(EXERCISE INPUT)
===============
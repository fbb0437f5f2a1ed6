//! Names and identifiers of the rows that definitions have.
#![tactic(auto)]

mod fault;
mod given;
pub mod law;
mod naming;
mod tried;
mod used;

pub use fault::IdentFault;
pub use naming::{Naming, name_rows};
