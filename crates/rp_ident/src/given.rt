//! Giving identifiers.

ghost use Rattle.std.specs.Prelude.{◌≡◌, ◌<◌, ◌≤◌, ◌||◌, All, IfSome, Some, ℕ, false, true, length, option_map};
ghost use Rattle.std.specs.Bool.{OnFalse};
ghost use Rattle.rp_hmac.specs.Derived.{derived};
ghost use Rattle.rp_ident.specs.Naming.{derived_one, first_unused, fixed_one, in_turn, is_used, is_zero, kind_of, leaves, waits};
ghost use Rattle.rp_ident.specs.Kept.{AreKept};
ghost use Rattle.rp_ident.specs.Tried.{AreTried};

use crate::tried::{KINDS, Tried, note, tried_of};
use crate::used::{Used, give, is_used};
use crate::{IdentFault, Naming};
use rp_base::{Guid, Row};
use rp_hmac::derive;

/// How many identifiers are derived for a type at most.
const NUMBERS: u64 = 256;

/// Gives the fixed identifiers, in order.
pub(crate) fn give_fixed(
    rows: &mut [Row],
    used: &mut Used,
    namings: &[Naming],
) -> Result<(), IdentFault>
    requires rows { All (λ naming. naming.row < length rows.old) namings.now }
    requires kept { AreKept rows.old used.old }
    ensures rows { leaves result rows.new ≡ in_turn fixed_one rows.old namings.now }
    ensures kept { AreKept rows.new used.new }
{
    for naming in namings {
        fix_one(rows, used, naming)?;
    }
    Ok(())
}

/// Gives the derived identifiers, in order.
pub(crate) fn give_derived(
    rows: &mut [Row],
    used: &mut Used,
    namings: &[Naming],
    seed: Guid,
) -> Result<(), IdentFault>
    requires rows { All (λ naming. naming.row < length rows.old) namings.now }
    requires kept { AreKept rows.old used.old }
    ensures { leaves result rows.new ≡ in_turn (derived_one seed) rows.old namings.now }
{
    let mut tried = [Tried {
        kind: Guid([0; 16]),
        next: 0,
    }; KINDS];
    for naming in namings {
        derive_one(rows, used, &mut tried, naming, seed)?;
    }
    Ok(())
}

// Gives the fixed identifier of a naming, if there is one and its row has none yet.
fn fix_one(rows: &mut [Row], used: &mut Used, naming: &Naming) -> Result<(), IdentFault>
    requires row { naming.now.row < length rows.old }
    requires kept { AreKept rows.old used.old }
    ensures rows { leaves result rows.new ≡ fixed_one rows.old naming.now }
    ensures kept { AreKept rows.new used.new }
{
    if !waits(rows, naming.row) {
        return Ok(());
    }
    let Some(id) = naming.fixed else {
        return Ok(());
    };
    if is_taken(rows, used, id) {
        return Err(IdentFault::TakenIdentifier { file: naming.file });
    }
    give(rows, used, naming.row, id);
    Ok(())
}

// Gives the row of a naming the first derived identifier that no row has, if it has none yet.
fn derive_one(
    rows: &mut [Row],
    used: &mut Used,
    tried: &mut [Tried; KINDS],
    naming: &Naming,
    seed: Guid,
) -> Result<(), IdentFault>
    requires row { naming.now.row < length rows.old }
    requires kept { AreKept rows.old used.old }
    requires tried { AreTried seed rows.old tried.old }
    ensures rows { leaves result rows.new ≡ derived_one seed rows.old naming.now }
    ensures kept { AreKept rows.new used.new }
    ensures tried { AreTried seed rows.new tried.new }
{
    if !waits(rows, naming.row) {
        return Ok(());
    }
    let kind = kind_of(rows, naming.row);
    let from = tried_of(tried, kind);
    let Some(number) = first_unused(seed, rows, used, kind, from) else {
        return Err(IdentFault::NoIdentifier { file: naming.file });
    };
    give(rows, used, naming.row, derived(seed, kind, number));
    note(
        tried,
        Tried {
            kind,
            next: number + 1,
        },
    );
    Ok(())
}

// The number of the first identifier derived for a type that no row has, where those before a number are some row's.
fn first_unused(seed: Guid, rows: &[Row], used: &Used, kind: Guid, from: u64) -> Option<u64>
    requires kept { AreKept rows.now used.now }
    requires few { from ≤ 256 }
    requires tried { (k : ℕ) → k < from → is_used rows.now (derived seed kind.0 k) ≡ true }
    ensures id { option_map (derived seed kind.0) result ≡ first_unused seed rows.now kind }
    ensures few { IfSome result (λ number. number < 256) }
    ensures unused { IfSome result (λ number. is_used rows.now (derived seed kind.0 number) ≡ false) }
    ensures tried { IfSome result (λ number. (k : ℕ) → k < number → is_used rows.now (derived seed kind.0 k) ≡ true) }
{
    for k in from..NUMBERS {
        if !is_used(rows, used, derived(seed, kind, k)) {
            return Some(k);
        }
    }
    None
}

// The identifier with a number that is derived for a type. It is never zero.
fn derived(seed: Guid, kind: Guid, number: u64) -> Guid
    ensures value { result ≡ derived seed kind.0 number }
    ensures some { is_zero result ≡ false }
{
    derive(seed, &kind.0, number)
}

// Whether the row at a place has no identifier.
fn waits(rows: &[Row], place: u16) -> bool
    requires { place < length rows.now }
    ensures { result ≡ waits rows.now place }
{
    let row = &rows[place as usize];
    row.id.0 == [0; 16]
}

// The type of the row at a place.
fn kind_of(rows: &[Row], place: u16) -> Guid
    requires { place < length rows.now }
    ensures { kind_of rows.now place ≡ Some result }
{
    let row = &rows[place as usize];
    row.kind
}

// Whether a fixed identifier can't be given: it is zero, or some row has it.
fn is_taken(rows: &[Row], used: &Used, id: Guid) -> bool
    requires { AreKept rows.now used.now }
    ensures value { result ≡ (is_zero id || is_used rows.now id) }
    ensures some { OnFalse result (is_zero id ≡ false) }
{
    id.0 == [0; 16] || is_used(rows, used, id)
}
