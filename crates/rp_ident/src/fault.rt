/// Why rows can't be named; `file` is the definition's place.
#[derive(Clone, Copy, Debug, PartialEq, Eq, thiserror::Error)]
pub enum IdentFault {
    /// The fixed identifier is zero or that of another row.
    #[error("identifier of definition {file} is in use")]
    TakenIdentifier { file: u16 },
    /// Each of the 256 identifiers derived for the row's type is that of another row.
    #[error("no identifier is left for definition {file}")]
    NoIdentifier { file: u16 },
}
===============
(WORK ITEM) Show the lines of the entries that include the string "identifiers", copying each in full.

(RESULT OF THE EXERCISE)
//! Names and identifiers of the rows that definitions have.
//! Giving identifiers.
/// How many identifiers are derived for a type at most.
/// Gives the fixed identifiers, in order.
/// Gives the derived identifiers, in order.
    /// Each of the 256 identifiers derived for the row's type is that of another row.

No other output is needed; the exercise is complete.